Predator-prey systems have been studied in many articles; see for
example \cite{f1,l1,m1,s1, t1}. However, for the predator-prey systems
with stage structure and infinite time delay, we have not obtained necessary
and sufficient conditions for its permanence.
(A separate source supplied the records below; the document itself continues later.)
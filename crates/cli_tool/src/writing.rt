//! The files that a command writes.
ghost use Rattle.std.specs.Prelude.{◌≤◌, OnOk, OnErr};
ghost use Rattle.cli_tool.specs.Writing.{WritesFiles, TearsFiles};

use crate::answer::Output;
use cg_out::{Failed, Files};

/// Writes the files in their order, up to one that fails; takes no memory.
pub fn write_files<F: Files>(outputs: &[Output], files: &mut F) -> Result<(), Failed>
    ensures ok { OnOk result (WritesFiles 0 outputs.now (F.seen files.old) (F.seen files.new)) }
    ensures err { OnErr result (TearsFiles 0 outputs.now (F.seen files.old) (F.seen files.new)) }
    ensures later { (F.seen files.old).faults ≤ (F.seen files.new).faults }
{
    for output in outputs {
        files.write(&output.file, &output.bytes)?;
    }
    Ok(())
}
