//! What the text of a unit of C is (ISO/IEC 9899:1999, 6.4 to 6.10), part by part, and the laws of such
//! texts, in `proofs/`: which tokens they have, and what preprocessing leaves of them. No call stands
//! here.
#![tactic(auto)]
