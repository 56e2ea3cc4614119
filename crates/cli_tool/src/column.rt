//! Where on its line a byte of a text stands.
ghost use Rattle.std.specs.Prelude.{◌≡◌, ◌≤◌, ◌+◌, not, ◌==◌, length, take};
ghost use Rattle.std.specs.List.{suffix_len};

use c_lexer::SOURCE_LIMIT;
use command_words::up_to_last_of;

/// The column of the byte at the offset, counted in bytes from 1: how far it is behind the last
/// line end before it.
pub fn column_of(text: &[u8], start: u32) -> u32
    requires { length text.now ≤ SOURCE_LIMIT }
    ensures { result ≡ suffix_len (λ b. not (b == 10)) (take start text.now) + 1 }
{
    let before = front(text, start as usize);
    (before.len() - up_to_last_of(b'\n', before)) as u32 + 1
}

/// The first so many bytes, or all of fewer.
fn front(bytes: &[u8], count: usize) -> &[u8]
    ensures value { result.now ≡ take count bytes.now }
    ensures within { length result.now ≤ length bytes.now }
{
    if bytes.len() > count {
        &bytes[..count]
    } else {
        bytes
    }
}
In the natural
world, however, there are many species whose individual members
have a life history that take them  through two stages, immature and mature.
In particularly, we have in mind mammalian populations
and some amphibious animals, which exhibit these two stages.
Recently, autonomous systems
 with stage structure of species have been considered in
 \cite{a1,a2,w1,z1}, in particularly, the effect
of dispersal on the permanence of  a single species with stage structure was discussed in [11].
 And two species predator-prey Lotka-Volterra type dispersal systems with periodic coefficients
and infinite delays have been studied in \cite{t2}.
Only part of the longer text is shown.